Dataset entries
%%

//! What is to be proved.
use hash_bank::Bank;

/// Of which PCRs the states are to be proved, how, and from which restart on.
#[derive(Clone, Copy, Debug)]
pub struct Asked {
    /// The mask of the PCRs, whose bit i stands for PCR i.
    pub pcrs: u32,
    /// The bank of all values.
    pub bank: Bank,
    /// The locality that the platform starts at: 0, 3 or 4.
    pub locality: u8,
    /// Whether one proof tells the values of all PCRs at once, and not each of one PCR.
    pub joint: bool,
}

%%

* **TASK OBJECTIVE**:
Print each record again. Nothing may be left out.

* **RESPONSE TO THE TASK**:
//! What is to be proved.
use hash_bank::Bank;

/// Of which PCRs the states are to be proved, how, and from which restart on.
#[derive(Clone, Copy, Debug)]
pub struct Asked {
    /// The mask of the PCRs, whose bit i stands for PCR i.
    pub pcrs: u32,
    /// The bank of all values.
    pub bank: Bank,
    /// The locality that the platform starts at: 0, 3 or 4.
    pub locality: u8,
    /// Whether one proof tells the values of all PCRs at once, and not each of one PCR.
    pub joint: bool,
}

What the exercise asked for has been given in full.